Obviously, the grooming and manipulation and seduction involved suggests a level of calculated premeditation. Yet I'm not sure I buy the "evil mastermind" image that conjures up. Are the people who have these urges also born with their own mental handbook 'How to Seduce a Child'?
People's actions always have premeditation in them, but not in the simplistic "now I set out to do this" mode. When I have talked to people who fell in love later in life than early 20s, they usually report that while they did not start desperately going "now I need to find a partner for my life" they had, sometimes gradually and sometimes more rapidly, changed their mindset about the issue and opened themselves up to the possibility both mentally and emotionally. I think those who engage in transgressive acts first start tearing down the boundaries around these acts--or in the case of a repeated pattern and cycle of the abused becoming a future abuser, have them taken down. But the footwork is there, I believe.
Of course, adulthood is a very fluid concept--I find strict definitions (statutory rape three months before someone's birthday, accepted a day after) ridiculous. I remember myself very well when I was a 12-year old boy, and if someone I found sexy had approached me then, it absolutely would not have been abuse or manipulation. But that's because I know what my own state of mind was. If somebody had approached me, would he be deemed sick? Judging in general, I'd say yes. Speaking of my particular case, and assuming I had let him known I was open to that, I'd say no. But what 12 year old is so bold?

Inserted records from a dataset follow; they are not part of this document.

//! Cube. An arena whose changes can be taken back.
//!
//! A [`Work`] holds an arena and a trail of the changes that were made on it. The memory for the trail
//! is taken before the changes, at the beginning or by [`Work::reserve`], so neither [`Work::keep`] nor
//! [`Work::undo`] can be refused. Changes of slots that were added meanwhile are not in the trail, since
//! undoing cuts these off, nor is a content that stood so already. The crate stands on `node_arena`, whose calls it
//! makes and notes. When to keep and when to undo it leaves to its callers.
//!
//! ```text
//! let mut work = Work::begin(alloc, arena, 7)?;
//! work.table_add_many(table, 5, 5)?;
//! let arena = work.undo(); // as it was
//! ```
#![tactic(auto)]

mod change;
#[cfg(test)]
mod tests;
mod work;

pub use work::Work;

Yet the problem with MJ is that he was an out of this world mega icon approaching these children (and their families) in a completely different context: enter my universe of music, and Neverland, and theme park on the premises, and the whole world adoring me. Even if there was no sexual abuse, I don't know how that could ever be a real child-adult friendship because the adult was not real: he was a projection of multiple apparatus.